A Gluten Free Casein Free (GFCF) diet might be hard to implement immediately. It is usually advised to stop casein products first. During the first month, all casein can be eliminated out of the body. Finally stop gluten products. A 6 month trial is recommended for most diet plans. Many parents forego with corn products too, primarily because they contain proteins similar to gluten and casein. Reduction of intake for foods with high toxic levels and a low salicylate diet (apples contain salicylic acid), have also been reported to help.

Autism is a complex condition and some scientists have even shown a genetic component. Various studies and genetic DNA tests have indicated that around one fifth of cases can be linked to a mutation on a gene. These kind of studies can help determine the hereditary nature of the illness and estimate the chances of siblings both being autistic. Geneticists are focusing on particular sequences of DNA known as single nucleotide polymorphisms which they believe are linked to autism when found to be present.
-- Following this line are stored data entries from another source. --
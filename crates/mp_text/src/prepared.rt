ghost use Rattle.std.specs.Prelude.{◌≡◌};
ghost use Rattle.mp_base.specs.Text.{bytes_of};
ghost use Rattle.mp_text.specs.Versions.{IsText};

use crate::pieces::VersionReader;
use crate::shared::SharedText;
use std::marker::Model;

/// A text that is to be a version: it keeps the limits, and its memory is found.
#[derive(Drop)]
pub struct Prepared {
    text: SharedText,
}

impl Model for Prepared {
    ghost use Rattle.std.specs.Prelude.{List, ℕ};
    ghost use Rattle.mp_text.specs.Versions.{IsText};

    ghost Value = { List (List ℕ) };

    ghost view = { λ made. made.text };

    ghost invariant = { λ made. IsText made.text };
}

impl Prepared {
    pub(crate) fn new(text: SharedText) -> Prepared
        requires { IsText text }
        ensures { result ≡ text }
    {
        Prepared { text }
    }

    /// The bytes, one by one.
    pub fn reader(&self) -> VersionReader<'_>
        ensures bytes { result ≡ bytes_of self.now }
        ensures text { IsText self.now }
    {
        self.text.reader()
    }

    pub(crate) fn into_text(self) -> SharedText
        ensures text { result ≡ self }
        ensures kept { IsText self }
    {
        self.text
    }
}
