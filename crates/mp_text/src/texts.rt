ghost use Rattle.std.specs.Prelude.{◌≡◌, ◌<◌, ◌≤◌, ◌^◌, ◌++◌, ◌∷◌, [], IfErr, IfOk, IsTrue, MatchOption, None, OnErr, OnOk, false, length, true};
ghost use Rattle.mp_base.specs.Position.{position_of};
ghost use Rattle.mp_base.specs.Text.{bytes_of};
ghost use Rattle.mp_text.specs.Changes.{change_removed, change_start};
ghost use Rattle.mp_text.specs.Edits.{IsInRange, edited, new_lines};
ghost use Rattle.mp_text.specs.Refusals.{IsDue, back_refusal, no_version, refusal};
ghost use Rattle.mp_text.specs.Versions.{AreVersions, IsText, stands, version_at};

use crate::edits::Edit;
use crate::errors::TextError;
use crate::pieces::VersionReader;
use crate::prepared::Prepared;
use crate::ranges::check_range;
use crate::shared::SharedText;
use crate::sizes::check_size;
use mp_base::{At, Bytes, Memory, VERSION_LIMIT, Version};
use std::alloc::Global;
use std::marker::Model;

/// Every version of a text. Version 1 is empty, and each new version has the next number; none ever changes.
#[derive(Drop)]
pub struct Texts {
    versions: Vec<SharedText>,
}

impl Model for Texts {
    ghost use Rattle.std.specs.Prelude.{List, ℕ};
    ghost use Rattle.mp_text.specs.Versions.{AreVersions};

    ghost Value = { List (List (List ℕ)) };

    ghost view = { λ texts. texts.versions.items };

    ghost invariant = { λ texts. AreVersions texts.versions.items };
}

// A version, where it stands.
fn version(versions: &[SharedText], v: Version) -> Option<&SharedText>
    ensures { MatchOption result (stands versions.now v.0 ≡ false) (λ text. (stands versions.now v.0 ≡ true) × (text.now ≡ version_at versions.now v.0)) }
{
    let v = v.0 as usize;
    if v < 1 || versions.len() < v {
        return None;
    }
    Some(&versions[v - 1])
}

// What an edit makes of a version, where it is not refused.
fn changed(
    alloc: Global,
    versions: &[SharedText],
    base: Version,
    edit: &Edit,
) -> Result<Prepared, TextError>
    requires versions { AreVersions versions.now }
    requires few { length (new_lines edit.now) < 2 ^ 31 }
    ensures ok { OnOk result (refusal versions.now base.0 edit.now ≡ None) }
    ensures stands { OnOk result (IsTrue (stands versions.now base.0)) }
    ensures range { OnOk result (IsInRange edit.now (version_at versions.now base.0)) }
    ensures text { IfOk result (λ made. made ≡ edited edit.now (version_at versions.now base.0)) }
    ensures room { OnOk result (length versions.now < VERSION_LIMIT) }
    ensures err { IfErr result (λ e. IsDue e (refusal versions.now base.0 edit.now)) }
{
    if versions.len() >= VERSION_LIMIT {
        return Err(TextError::VersionsFull);
    }
    let Some(text) = version(versions, base) else {
        return Err(TextError::NoVersion);
    };
    match check_range(text, edit) {
        Err(error) => Err(error),
        Ok(()) => match check_size(text, edit) {
            Err(error) => Err(error),
            Ok(()) => match text.edited(alloc, edit) {
                Err(_) => Err(TextError::Memory),
                Ok(made) => Ok(Prepared::new(made)),
            },
        },
    }
}

// The text of a version, where going back to it is not refused.
fn earlier(alloc: Global, versions: &[SharedText], v: Version) -> Result<Prepared, TextError>
    requires { AreVersions versions.now }
    ensures ok { OnOk result (back_refusal versions.now v.0 ≡ None) }
    ensures stands { OnOk result (IsTrue (stands versions.now v.0)) }
    ensures text { IfOk result (λ made. made ≡ version_at versions.now v.0) }
    ensures room { OnOk result (length versions.now < VERSION_LIMIT) }
    ensures err { IfErr result (λ e. IsDue e (back_refusal versions.now v.0)) }
{
    if versions.len() >= VERSION_LIMIT {
        return Err(TextError::VersionsFull);
    }
    let Some(text) = version(versions, v) else {
        return Err(TextError::NoVersion);
    };
    match text.copy(alloc) {
        Err(_) => Err(TextError::Memory),
        Ok(made) => Ok(Prepared::new(made)),
    }
}

impl Texts {
    /// Version 1, which is empty.
    pub fn new(alloc: Global) -> Result<Texts, Memory>
        ensures { IfOk result (λ texts. texts ≡ [] ∷ []) }
    {
        let mut versions = Vec::new(alloc);
        versions.push(SharedText::new(alloc))?;
        Ok(Texts { versions })
    }

    /// What an edit makes of a version that stands. It is refused as by `apply`, and changes nothing: `add` makes a
    /// version of it. Between the two all may be done that can fail. The edit brings fewer than 2^31 lines.
    pub fn prepared(&self, base: Version, edit: &Edit) -> Result<Prepared, TextError>
        requires { length (new_lines edit.now) < 2 ^ 31 }
        ensures ok { OnOk result (refusal self.now base.0 edit.now ≡ None) }
        ensures stands { OnOk result (IsTrue (stands self.now base.0)) }
        ensures range { OnOk result (IsInRange edit.now (version_at self.now base.0)) }
        ensures text { IfOk result (λ made. made ≡ edited edit.now (version_at self.now base.0)) }
        ensures room { OnOk result (length self.now < VERSION_LIMIT) }
        ensures err { IfErr result (λ e. IsDue e (refusal self.now base.0 edit.now)) }
    {
        changed(
            *self.versions.allocator(),
            self.versions.as_slice(),
            base,
            edit,
        )
    }

    /// The text of a version that stands, as a new version. It is refused as by `back`, and changes nothing.
    pub fn prepared_back(&self, v: Version) -> Result<Prepared, TextError>
        ensures ok { OnOk result (back_refusal self.now v.0 ≡ None) }
        ensures stands { OnOk result (IsTrue (stands self.now v.0)) }
        ensures text { IfOk result (λ made. made ≡ version_at self.now v.0) }
        ensures room { OnOk result (length self.now < VERSION_LIMIT) }
        ensures err { IfErr result (λ e. IsDue e (back_refusal self.now v.0)) }
    {
        earlier(*self.versions.allocator(), self.versions.as_slice(), v)
    }

    /// Adds what was prepared as a new version, and gives its number. Where it finds no memory nothing changes.
    pub fn add(&mut self, made: Prepared) -> Result<Version, TextError>
        requires { length self.old < VERSION_LIMIT }
        ensures text { OnOk result (self.new ≡ self.old ++ made ∷ []) }
        ensures number { IfOk result (λ v. v.0 ≡ length self.new) }
        ensures err { IfErr result (λ e. e ≡ TextError.Memory) }
        ensures kept { OnErr result (self.new ≡ self.old) }
    {
        match self.versions.push(made.into_text()) {
            Err(_) => Err(TextError::Memory),
            Ok(()) => Ok(Version(self.versions.len() as u32)),
        }
    }

    /// Makes a new version by an edit of one that stands, and gives its number. The edit brings fewer than 2^31 lines.
    /// Where it is refused, or finds no memory, nothing changes.
    pub fn apply(&mut self, base: Version, edit: Edit) -> Result<Version, TextError>
        requires { length (new_lines edit) < 2 ^ 31 }
        ensures ok { OnOk result (refusal self.old base.0 edit ≡ None) }
        ensures text { OnOk result (self.new ≡ self.old ++ edited edit (version_at self.old base.0) ∷ []) }
        ensures number { IfOk result (λ v. v.0 ≡ length self.new) }
        ensures err { IfErr result (λ e. IsDue e (refusal self.old base.0 edit)) }
        ensures kept { OnErr result (self.new ≡ self.old) }
    {
        let alloc = *self.versions.allocator();
        match changed(alloc, self.versions.as_slice(), base, &edit) {
            Err(error) => Err(error),
            Ok(text) => match self.add(text) {
                Err(error) => Err(error),
                Ok(v) => Ok(v),
            },
        }
    }

    /// Makes a new version with the text of one that stands, and gives its number. It is refused exactly where the
    /// versions are full or there is no such version; then, and where it finds no memory, nothing changes.
    pub fn back(&mut self, v: Version) -> Result<Version, TextError>
        ensures ok { OnOk result (back_refusal self.old v.0 ≡ None) }
        ensures text { OnOk result (self.new ≡ self.old ++ version_at self.old v.0 ∷ []) }
        ensures number { IfOk result (λ made. made.0 ≡ length self.new) }
        ensures err { IfErr result (λ e. IsDue e (back_refusal self.old v.0)) }
        ensures kept { OnErr result (self.new ≡ self.old) }
    {
        let alloc = *self.versions.allocator();
        match earlier(alloc, self.versions.as_slice(), v) {
            Err(error) => Err(error),
            Ok(text) => match self.add(text) {
                Err(error) => Err(error),
                Ok(number) => Ok(number),
            },
        }
    }

    /// The number of the last version made.
    pub fn current(&self) -> Version
        ensures last { result.0 ≡ length self.now }
        ensures stands { IsTrue (stands self.now result.0) }
        ensures versions { AreVersions self.now }
    {
        Version(self.versions.len() as u32)
    }

    /// The bytes of a version, each line with its line end. It is refused exactly where there is no such version.
    pub fn bytes(&self, v: Version) -> Result<Bytes, TextError>
        ensures stands { OnOk result (IsTrue (stands self.now v.0)) }
        ensures bytes { IfOk result (λ bytes. bytes ≡ bytes_of (version_at self.now v.0)) }
        ensures text { OnOk result (IsText (version_at self.now v.0)) }
        ensures err { IfErr result (λ e. IsDue e (no_version self.now v.0)) }
    {
        let Some(text) = version(self.versions.as_slice(), v) else {
            return Err(TextError::NoVersion);
        };
        match text.bytes(*self.versions.allocator()) {
            Err(_) => Err(TextError::Memory),
            Ok(bytes) => Ok(bytes),
        }
    }

    /// The bytes of a version, one by one.
    pub fn reader(&self, v: Version) -> VersionReader<'_>
        requires { IsTrue (stands self.now v.0) }
        ensures { result ≡ bytes_of (version_at self.now v.0) }
    {
        self.text(v).reader()
    }

    /// The line and column, both from 1, of a byte of a version, or of its end.
    pub fn line_of(&self, v: Version, byte: u32) -> At
        requires stands { IsTrue (stands self.now v.0) }
        requires within { byte ≤ length (bytes_of (version_at self.now v.0)) }
        ensures { result ≡ position_of (version_at self.now v.0) byte }
    {
        self.text(v).position(byte)
    }

    /// The number of lines of a version.
    pub fn line_count(&self, v: Version) -> u32
        requires { IsTrue (stands self.now v.0) }
        ensures { result ≡ length (version_at self.now v.0) }
    {
        self.text(v).line_count()
    }

    /// The number of bytes of a version.
    pub fn len(&self, v: Version) -> u32
        requires { IsTrue (stands self.now v.0) }
        ensures len { result ≡ length (bytes_of (version_at self.now v.0)) }
        ensures text { IsText (version_at self.now v.0) }
    {
        self.text(v).len()
    }

    /// Where an edit changes the bytes of a version.
    pub fn change_start(&self, v: Version, edit: &Edit) -> u32
        requires stands { IsTrue (stands self.now v.0) }
        requires range { IsInRange edit.now (version_at self.now v.0) }
        ensures { result ≡ change_start edit.now (version_at self.now v.0) }
    {
        self.text(v).change_start(edit)
    }

    /// How many bytes an edit takes away from a version.
    pub fn change_removed(&self, v: Version, edit: &Edit) -> u32
        requires stands { IsTrue (stands self.now v.0) }
        requires range { IsInRange edit.now (version_at self.now v.0) }
        ensures { result ≡ change_removed edit.now (version_at self.now v.0) }
    {
        self.text(v).change_removed(edit)
    }

    // A version.
    fn text(&self, v: Version) -> &SharedText
        requires { IsTrue (stands self.now v.0) }
        ensures lines { result.now ≡ version_at self.now v.0 }
        ensures text { IsText result.now }
    {
        &self.versions[v.0 as usize - 1]
    }
}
Many people diagnosed with autism are known to over eat as well. Often their brain does not realize that the body is full, due to a faulty hypothalamus. However, a more psychological cause like coping with stress or cravings for a specific food can be equally responsible. This should be looked into. But for any developing child, a balanced food plan is necessary. Foods like rice, eggs, fruits, vegetables, nuts or oil are allowed in a GFCF diet. Finally, a prior consultation with any registered dietician is highly recommended before any diet plan is implemented.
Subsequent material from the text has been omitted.